Koch devotes due attention to the aggregate impact of development activities through so-called backlash effects, negative spillovers and positive ripple effects. Many of these effects also occur in Western countries, where they are commonly labelled as crowding-in and -out, linkages and leakages, and substitution effects. Each chapter includes real-life examples (mostly cases from sub-Saharan Africa), ranging from due diligence legislation on conflict minerals in DR Congo to the experiences of the author’s parents with the Fairtrade shop in the tiny Dutch village of Achterveld.

Koch consistently argues that the analysis of unintended effects is helpful to unravel the complexities of development cooperation and enables better identification of incentives that allow for more adaptive planning. This is a welcome contribution, since it provides a common language for better communication between development agents.

Everyone involved in development programmes is invited by this book to reflect on their own experiences with unintended consequences. I still remember the shock when an external review of a large integrated rural development programme in Southern Nicaragua revealed that most funds were spent at the local gasoline station and car repair workshop for maintenance of the project vehicles. My original enthusiasm for Fairtrade certification of coffee and cocoa cooperatives was substantially reduced when I became aware that price support enabled farmers to maintain their income with less production and therefore increased inequality within rural communities.

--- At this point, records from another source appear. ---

//! The listing of all symbols of an image.
ghost use Rattle.std.specs.Prelude.{◌≡◌, false};
ghost use Rattle.blz_elf.specs.Listings.{ShowsAll, image_symbols};

use crate::find_addr_opts::FindAddrOpts;
use crate::parser::ElfParser;
use crate::show::show_all;
use crate::visit::Visit;
use blz_bytes::Orders;
use blz_error::Result;
use std::alloc::Global;

impl ElfParser<'_> {
    /// Shows the defined symbols of a type, in table order: those of `.symtab`, then those of `.dynsym` that `.symtab`
    /// does not answer (ELF gABI, Symbol Table). It ends where the visitor breaks. Refused by the first mark of header,
    /// section table, section names, a table, its names and the infos, once all before it was shown: InvalidData,
    /// InvalidInput or Unsupported.
    #[tactic(auto, unfolding(blz_symbols::specs::NameRule::image_symbol_names, blz_image::specs::SymbolTables::image_table))]
    pub fn for_each<O: Orders, V: Visit>(
        &mut self,
        alloc: Global,
        orders: &mut O,
        opts: &FindAddrOpts,
        visit: &mut V,
    ) -> Result<()>
        requires { V.stopped visit.old ≡ false }
        ensures shows { ShowsAll
            (image_symbols self.old.image opts.now.sym_type opts.now.file_offset)
            (V.shown visit.old) (V.shown visit.new) (V.stopped visit.new) result }
        ensures same { self.new ≡ self.old }
    {
        let parts = self.parts()?;
        show_all(
            alloc,
            orders,
            &parts,
            &mut self.warm.symtab,
            &mut self.warm.dynsym,
            &mut self.warm.symtab_names,
            &mut self.warm.dynsym_names,
            opts,
            visit,
        )
    }
}
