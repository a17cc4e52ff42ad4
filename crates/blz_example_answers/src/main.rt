//! A caller of the library: answers addresses of a file by their functions, source lines and inlined calls.
#![tactic(auto)]

use blz_bytes::ByStdSort;
use blz_elf::{Answer, CodeInfo, FindSymOpts};
use blz_error::Result;
use blz_resolver::outside::RealFiles;
use blz_resolver::{ElfResolver, symbolize};
use std::fmt::Write;
use std::process::ExitCode;
use std::rt::Files;

fn push_place(text: &mut String, place: &Option<CodeInfo<'_>>) -> Result<()> {
    match place {
        Some(place) => writeln!(text, " at line {}", place.line.unwrap_or(0))?,
        None => text.push('\n')?,
    }
    Ok(())
}

// Appends what an address has: its function and line, and the calls that are inlined there, the outermost first.
fn push_answer(text: &mut String, address: u64, answer: &Answer<'_>) -> Result<()> {
    match answer {
        Answer::NoSym(_) => writeln!(text, "{address:x} is unknown")?,
        Answer::Sym(found) => {
            write!(text, "{address:x} {}", found.name)?;
            push_place(text, &found.code_info)?;
            for call in found.inlined.as_slice() {
                write!(text, "    {}", call.name)?;
                push_place(text, &call.code_info)?;
            }
        }
    }
    Ok(())
}

// The answers for some addresses as text. An error is the kind of the first part of the files that is broken.
fn report(rt: &(impl Files + AllocGlobal), path: &str, addresses: &[u64]) -> Result<String> {
    let alloc = rt.alloc();
    let owned = ElfResolver::open(alloc, &mut RealFiles::new(rt), path)?;
    let options = FindSymOpts::CodeInfoAndInlined;
    let answers = symbolize(alloc, &mut ByStdSort, &owned.bundle(), addresses, &options)?;
    let mut text = String::new(alloc);
    for at in 0..answers.len() {
        // in range: `symbolize` ensures one answer for each address
        push_answer(&mut text, addresses[at], &answers[at])?;
    }
    Ok(text)
}

fn main(rt: HostRuntime) -> ExitCode {
    match report(&rt, "prog", &[0x1140, 0x1150, 0x1200, 0x1110, 0x9000]) {
        Ok(text) => ExitCode::from(u8::from(print!(rt; "{text}").is_err())),
        Err(error) => {
            let _ = eprintln!(rt; "prog: {error}");
            ExitCode::FAILURE
        }
    }
}
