//! An image whose parts are all kept.
ghost use Rattle.std.specs.Prelude.{◌≡◌, true, IfErr, IfOk};
ghost use Rattle.std.specs.Option.{option_map};
ghost use Rattle.blz_model.specs.Part.{Exactly};
ghost use Rattle.blz_elf.specs.AnswerView.{answer_view};
ghost use Rattle.blz_symbols.specs.SymbolRule.{image_symbol};
ghost use Rattle.blz_elf.specs.Warm.{Fits, warm_prepared, warm_relocated};

use crate::answer::Answer;
use crate::fill::{fill, look_both, sort_table};
use crate::kept_names::fill_names;
use crate::parser::ElfParser;
use crate::warm::ElfWarm;
use blz_bytes::Orders;
use blz_error::{Error, Result, Str};
use blz_image::image::Image;
use blz_image::symbols::TableKind;
use blz_model::Cache;
use std::alloc::{AllocError, Global};

impl<'b> ElfParser<'b> {
    /// Puts each part into a cache, as its value or its mark's kind, for `find_sym_prepared`.
    #[tactic(auto, unfolding(blz_image::specs::SymbolTables::image_table))]
    pub fn prepare<O: Orders>(
        &mut self,
        alloc: Global,
        orders: &mut O,
    ) -> std::result::Result<(), AllocError>
        ensures image { self.new.image ≡ self.old.image }
        ensures module_name { self.new.module_name ≡ self.old.module_name }
        ensures relocated { self.new.relocated ≡ self.old.relocated }
        ensures prepared { IfOk result (λ _. self.new.prepared ≡ true) }
        ensures refused { IfErr result (λ _. self.new.prepared ≡ self.old.prepared) }
    {
        let read = self.frame();
        fill(&mut self.warm, self.image, read);
        sort_table(
            alloc,
            orders,
            self.image,
            TableKind::Symtab,
            &mut self.warm.symtab,
        )?;
        sort_table(
            alloc,
            orders,
            self.image,
            TableKind::Dynsym,
            &mut self.warm.dynsym,
        )?;
        fill_names(
            alloc,
            orders,
            self.image,
            &self.warm.frame,
            &mut self.warm.symtab,
            &mut self.warm.dynsym,
            &mut self.warm.symtab_names,
            &mut self.warm.dynsym_names,
        )?;
        self.warm.prepared = true;
        Ok(())
    }

    /// The symbol of an address, as `find_sym` has it, from what is kept: it takes no memory.
    #[tactic(auto, unfolding(blz_symbols::specs::SymbolRule::image_symbol, blz_image::specs::SymbolTables::image_table))]
    pub fn find_sym_prepared(&self, addr: u64) -> Result<Answer<'b>>
        requires { self.now.prepared ≡ true }
        ensures { Exactly answer_view result
            (image_symbol self.now.image self.now.module_name addr) }
    {
        match &self.warm.frame {
            Cache::Value(frame) => look_both(
                self.warm.alloc,
                self.module,
                &Image::open(self.image, *frame),
                &self.warm.symtab,
                &self.warm.dynsym,
                addr,
            ),
            Cache::Mark(kind) => Err(Error::new(*kind, Str::fixed("names"))),
            Cache::Empty => unreachable!(),
        }
    }

    /// What is kept, without the image.
    pub fn into_warm(self) -> ElfWarm
        ensures fits { Fits self.entry.image result }
        ensures prepared { warm_prepared result ≡ self.entry.prepared }
        ensures relocated { warm_relocated result ≡ self.entry.relocated }
    {
        let ElfParser {
            image: _,
            module: _,
            warm,
        } = self;
        warm
    }

    /// A parser of the image that the kept parts fit.
    pub fn from_warm(image: &'b [u8], module: Option<&'b str>, warm: ElfWarm) -> ElfParser<'b>
        requires { Fits image.now warm }
        ensures image { result.image ≡ image.now }
        ensures module_name { result.module_name ≡ option_map (λ m. m.now) «module».entry }
        ensures prepared { result.prepared ≡ warm_prepared warm }
        ensures relocated { result.relocated ≡ warm_relocated warm }
    {
        ElfParser {
            image,
            module,
            warm,
        }
    }
}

Koch consistently shows that it is important and possible to disentangle each of these possible or likely side effects and to act to combat them.

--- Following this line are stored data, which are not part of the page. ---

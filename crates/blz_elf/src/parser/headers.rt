//! The section headers and the program headers of an image.
ghost use Rattle.std.specs.Prelude.{◌≡◌};
ghost use Rattle.blz_model.specs.Part.{Exactly};
ghost use Rattle.blz_image.specs.Formats.{section_size, segment_size};
ghost use Rattle.blz_elf.specs.HeaderTables.{image_program_headers, image_section_headers, program_headers_of, section_headers_of, section_records, segment_records};
ghost use Rattle.blz_image.specs.Places.{RowsFit};
ghost use Rattle.blz_image.specs.Views.{header_view};

use crate::parser::ElfParser;
use crate::record_slice::{ElfN_Phdrs, ElfN_Shdrs, ElfNSlice};
use blz_error::Result;
use blz_image::header::Header;
use blz_image::section::sections;
use blz_image::segments::segments;
use blz_image::span::Rows;

fn open_sections<'b>(image: &'b [u8], rows: Rows) -> ElfN_Shdrs<'b>
    requires { RowsFit section_size image.now rows }
    ensures { result ≡ section_records image.now rows }
{
    ElfNSlice::open(image, rows)
}

fn open_segments<'b>(image: &'b [u8], rows: Rows) -> ElfN_Phdrs<'b>
    requires { RowsFit segment_size image.now rows }
    ensures { result ≡ segment_records image.now rows }
{
    ElfNSlice::open(image, rows)
}

#[tactic(auto, unfolding(crate::specs::HeaderTables::section_headers_of))]
fn section_headers_of<'b>(image: &'b [u8], header: &Header) -> Result<ElfN_Shdrs<'b>>
    ensures { Exactly (λ s. s) result (section_headers_of image.now (header_view header.now)) }
{
    let rows = sections(image, header)?;
    Ok(open_sections(image, rows))
}

#[tactic(auto, unfolding(crate::specs::HeaderTables::program_headers_of))]
fn program_headers_of<'b>(image: &'b [u8], header: &Header) -> Result<ElfN_Phdrs<'b>>
    ensures { Exactly (λ s. s) result (program_headers_of image.now (header_view header.now)) }
{
    let rows = segments(image, header)?;
    Ok(open_segments(image, rows))
}

impl<'b> ElfParser<'b> {
    /// The section headers (ELF gABI, Sections). Refused by the first mark of header and section table: InvalidData or
    /// Unsupported.
    #[tactic(auto, unfolding(crate::specs::HeaderTables::image_section_headers))]
    pub fn section_headers(&mut self) -> Result<ElfN_Shdrs<'b>>
        ensures value { Exactly (λ s. s) result (image_section_headers self.old.image) }
        ensures same { self.new ≡ self.old }
    {
        let header = self.header()?;
        section_headers_of(self.image, &header)
    }

    /// The program headers (ELF gABI, Program Header). Refused by the first mark of header and segments: InvalidData or
    /// Unsupported.
    #[tactic(auto, unfolding(crate::specs::HeaderTables::image_program_headers))]
    pub fn program_headers(&mut self) -> Result<ElfN_Phdrs<'b>>
        ensures value { Exactly (λ s. s) result (image_program_headers self.old.image) }
        ensures same { self.new ≡ self.old }
    {
        let header = self.header()?;
        program_headers_of(self.image, &header)
    }
}
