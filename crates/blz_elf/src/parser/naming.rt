//! The symbols of a name.
ghost use Rattle.std.specs.Prelude.{◌≡◌};
ghost use Rattle.blz_model.specs.Part.{Gives};
ghost use Rattle.blz_elf.specs.Infos.{image_addresses};
ghost use Rattle.blz_symbols.specs.NameRule.{image_names};

use crate::find_addr_opts::FindAddrOpts;
use crate::infos::infos;
use crate::kept_names::{
    check_kept, dynamic_list, fill_dynamic, fill_static, sort_names, static_list,
};
use crate::parser::ElfParser;
use crate::sym_info::SymInfos;
use blz_bytes::Orders;
use blz_error::Result;
use blz_image::symbols::TableKind;
use blz_symbols::names::Wanted;
use std::alloc::Global;

impl<'b> ElfParser<'b> {
    /// The symbols of a name, defined, in table order: those of `.symtab`, else those of `.dynsym` that `.symtab` does not
    /// answer (ELF gABI, Symbol Table). Refused as `find_section` is, by a broken table, a name that cannot be read, and
    /// with places in the file by a section index outside the table: InvalidData, InvalidInput or Unsupported.
    #[tactic(auto, unfolding(crate::specs::Infos::image_addresses, blz_symbols::specs::NameRule::called_list, blz_symbols::specs::NameRule::image_symbol_names, blz_image::specs::SymbolTables::image_table))]
    pub fn find_addr<O: Orders>(
        &mut self,
        alloc: Global,
        orders: &mut O,
        name: &str,
        opts: &FindAddrOpts,
    ) -> Result<SymInfos<'b>>
        ensures value { Gives (λ v. v) result
            (image_addresses self.old.image self.old.module_name name.now opts.now.file_offset) }
        ensures same { self.new ≡ self.old }
    {
        let parts = self.parts()?;
        let wanted = Wanted::Called(name);
        let own = static_list(
            alloc,
            orders,
            &parts,
            &mut self.warm.symtab,
            &mut self.warm.symtab_names,
            &wanted,
        )?;
        if own.len() != 0 {
            return infos(alloc, &parts, self.module, opts.file_offset, &own);
        }
        let theirs = dynamic_list(
            alloc,
            orders,
            &parts,
            &mut self.warm.symtab,
            &mut self.warm.dynsym,
            &mut self.warm.dynsym_names,
            &wanted,
        )?;
        infos(alloc, &parts, self.module, opts.file_offset, &theirs)
    }

    /// Reads both tables of symbols and their names, and asks for their orders, for later calls. Refused by the first mark of header, section table,
    /// section names, `.symtab`, its names, `.dynsym` and its names.
    #[tactic(auto, unfolding(blz_symbols::specs::NameRule::image_names, blz_symbols::specs::NameRule::image_symbol_names, blz_image::specs::SymbolTables::image_table))]
    pub fn cache<O: Orders>(&mut self, alloc: Global, orders: &mut O) -> Result<()>
        ensures value { Gives (λ u. u) result (image_names self.old.image) }
        ensures same { self.new ≡ self.old }
    {
        let parts = self.parts()?;
        fill_static(
            alloc,
            &parts,
            &mut self.warm.symtab,
            &mut self.warm.symtab_names,
        )?;
        sort_names(
            alloc,
            orders,
            &parts,
            TableKind::Symtab,
            &mut self.warm.symtab_names,
        )?;
        check_kept(&parts, TableKind::Symtab, &self.warm.symtab_names)?;
        fill_dynamic(
            alloc,
            orders,
            &parts,
            &mut self.warm.symtab,
            &mut self.warm.dynsym,
            &mut self.warm.dynsym_names,
        )?;
        sort_names(
            alloc,
            orders,
            &parts,
            TableKind::Dynsym,
            &mut self.warm.dynsym_names,
        )?;
        check_kept(&parts, TableKind::Dynsym, &self.warm.dynsym_names)
    }
}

The systematic overview of unintended consequences of foreign aid gives an initial impression that development cooperation is a system beyond repair. This is, however, far from the truth. Koch consistently shows that it is important and possible to disentangle each of these possible or likely side effects and to act to combat them. That requires an open mind and thorough knowledge of responses by different types of agents and institutions.

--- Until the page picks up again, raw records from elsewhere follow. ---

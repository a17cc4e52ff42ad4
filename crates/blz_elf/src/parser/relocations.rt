//! The relocations of an image.
ghost use Rattle.std.specs.Prelude.{◌≡◌, true, OnOk, OnErr};
ghost use Rattle.blz_model.specs.Part.{Exactly, Gives};
ghost use Rattle.blz_image.specs.RelocationTables.{image_relocations, mark_in, maps_in};

use crate::fill::fill_relocations;
use crate::parser::ElfParser;
use blz_error::{Error, Result, Str};
use blz_image::relocations::relocating::{check_relocations, relocations, relocations_for};
use blz_model::Cache;
use blz_relocations::SectionRelocations;
use std::alloc::{AllocError, Global};

impl ElfParser<'_> {
    /// Reads the relocations of a relocatable file, or finds their first mark, and keeps that for `filled_relocations`.
    pub fn fill_relocations(&mut self, alloc: Global) -> std::result::Result<(), AllocError>
        ensures image { self.new.image ≡ self.old.image }
        ensures module_name { self.new.module_name ≡ self.old.module_name }
        ensures prepared { self.new.prepared ≡ self.old.prepared }
        ensures filled { OnOk result (self.new.relocated ≡ true) }
        ensures refused { OnErr result (self.new.relocated ≡ self.old.relocated) }
    {
        let header = self.header();
        let rows = self.rows();
        fill_relocations(alloc, &mut self.warm.relocations, self.image, header, rows)
    }

    /// The relocations that `fill_relocations` has read, without memory; refused as `section_relocations` is.
    pub fn filled_relocations(&self) -> Result<&SectionRelocations>
        requires { self.now.relocated ≡ true }
        ensures { Exactly (λ m. m.now) result (image_relocations self.now.image) }
    {
        match &self.warm.relocations {
            Cache::Value(map) => Ok(map),
            Cache::Mark(kind) => Err(Error::new(*kind, Str::fixed("relocations"))),
            Cache::Empty => unreachable!(),
        }
    }

    /// The relocations of a relocatable file, by the section that they change (ELF gABI, Relocation); none in other
    /// files. Refused by the first mark of header, section table and relocations: InvalidData, InvalidInput or
    /// Unsupported. It is `fill_relocations` and then `filled_relocations`, which say what the parser is afterwards.
    pub fn section_relocations(&mut self, alloc: Global) -> Result<&SectionRelocations>
        ensures value { Gives (λ m. m.now) result (image_relocations self.old.image) }
    {
        self.fill_relocations(alloc)?;
        self.filled_relocations()
    }

    /// The same relocations, read anew and given to the caller.
    #[tactic(auto, unfolding(blz_image::specs::RelocationTables::image_relocations, blz_image::specs::Images::image_sections))]
    pub fn read_relocations(&mut self, alloc: Global) -> Result<SectionRelocations>
        ensures value { Gives (λ m. m) result (image_relocations self.old.image) }
        ensures same { self.new ≡ self.old }
    {
        let header = self.header()?;
        let rows = self.rows()?;
        relocations(alloc, self.image, header, rows)
    }

    /// Looks for the mark that `section_relocations` is refused by; takes no memory.
    #[tactic(auto, unfolding(blz_image::specs::RelocationTables::image_relocations, blz_image::specs::Images::image_sections))]
    pub fn check_relocations(&mut self) -> Result<()>
        ensures value { Exactly (λ _. tt) result (mark_in (image_relocations self.old.image)) }
        ensures same { self.new ≡ self.old }
    {
        let header = self.header()?;
        let rows = self.rows()?;
        check_relocations(self.image, header, rows)
    }

    /// Of the relocations those of the sections of these numbers, read anew and given to the caller. Each section reads a
    /// place of the image once, whatever its tables share.
    #[tactic(auto, unfolding(blz_image::specs::RelocationTables::image_relocations, blz_image::specs::Images::image_sections))]
    pub fn read_relocations_for(
        &mut self,
        alloc: Global,
        targets: &[Option<usize>],
    ) -> Result<SectionRelocations>
        ensures value { Gives (λ m. m) result
            (maps_in targets.now (image_relocations self.old.image)) }
        ensures same { self.new ≡ self.old }
    {
        let header = self.header()?;
        let rows = self.rows()?;
        relocations_for(alloc, self.image, header, rows, targets)
    }
}
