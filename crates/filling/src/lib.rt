// Functions that fill lent buffers and slices: with job numbers, with fates, with 0, or at one place.
#![tactic(auto)]

ghost use Rattle.std.specs.Prelude.{map, ◌≡◌, ◌≤◌, get_or, length, set, take};
ghost use Rattle.columns.specs.Columns.{AllBelow};
ghost use Rattle.rules.specs.TableText.{most_jobs, padded};

use rules::MOST_JOBS;

// A number stored at a place, where there is that place.
pub fn note(part: &mut [u64], at: usize, number: u64)
    ensures { part.new ≡ set part.old at number }
{
    if at < part.len() {
        part[at] = number;
    }
}

// "places after it hold 0": those behind the first `count`, which stay.
pub fn clear_behind(out: &mut [u64], count: usize)
    requires { count ≤ length out.old }
    ensures { out.new ≡ padded (length out.old) 0 (take count out.old) }
{
    out[count..].fill(0);
}

// Each of these places becomes the number of the job there.
fn name_places(part: &mut [u64], number: &[u64; MOST_JOBS])
    requires { AllBelow most_jobs part.old }
    ensures { part.new ≡ map (λ p. get_or number.now p 0) part.old }
{
    for place in part.iter_mut() {
        *place = number[*place as usize];
    }
}

// The first `count` of a buffer, which are places, become the numbers of their jobs, and those after them 0.
pub fn name_order(order: &mut [u64], count: usize, number: &[u64; MOST_JOBS])
    requires { (count ≤ length order.old) × AllBelow most_jobs (take count order.old) }
    ensures { order.new ≡ padded (length order.old) 0 (map (λ p. get_or number.now p 0) (take count order.old)) }
{
    name_places(&mut order[..count], number);
    clear_behind(order, count);
}

// "the plan is handed back as the front part of the lent order buffer, as job numbers; places after it hold 0".
pub fn put_order(order: &mut [u64], places: &[u64], number: &[u64; MOST_JOBS])
    requires { (length places.now ≤ length order.old) × AllBelow most_jobs places.now }
    ensures { order.new ≡ padded (length order.old) 0 (map (λ p. get_or number.now p 0) places.now) }
{
    let count = places.len();
    order[..count].copy_from_slice(places);
    name_order(order, count, number);
}

// "Fate places follow the J lines; places after the last hold 0."
pub fn put_fates(out: &mut [u64], fates: &[u64])
    requires { length fates.now ≤ length out.old }
    ensures { out.new ≡ padded (length out.old) 0 fates.now }
{
    let count = fates.len();
    out[..count].copy_from_slice(fates);
    clear_behind(out, count);
}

The analysis falls short, however, in showing that several types of unintended consequences are likely to interact (such as price and marginalisation effects, or conflict and migration effects). Other consequences may partially overlap or perhaps compensate for each other. Moreover, there is likely to be a certain ”hierarchy” in the underlying mechanisms, where behavioural effects, governance effects and price effects crowd out several other consequences. In addition, a further analysis of the development context and the influence of norms and values might be helpful to better understand why certain effects occur, or not.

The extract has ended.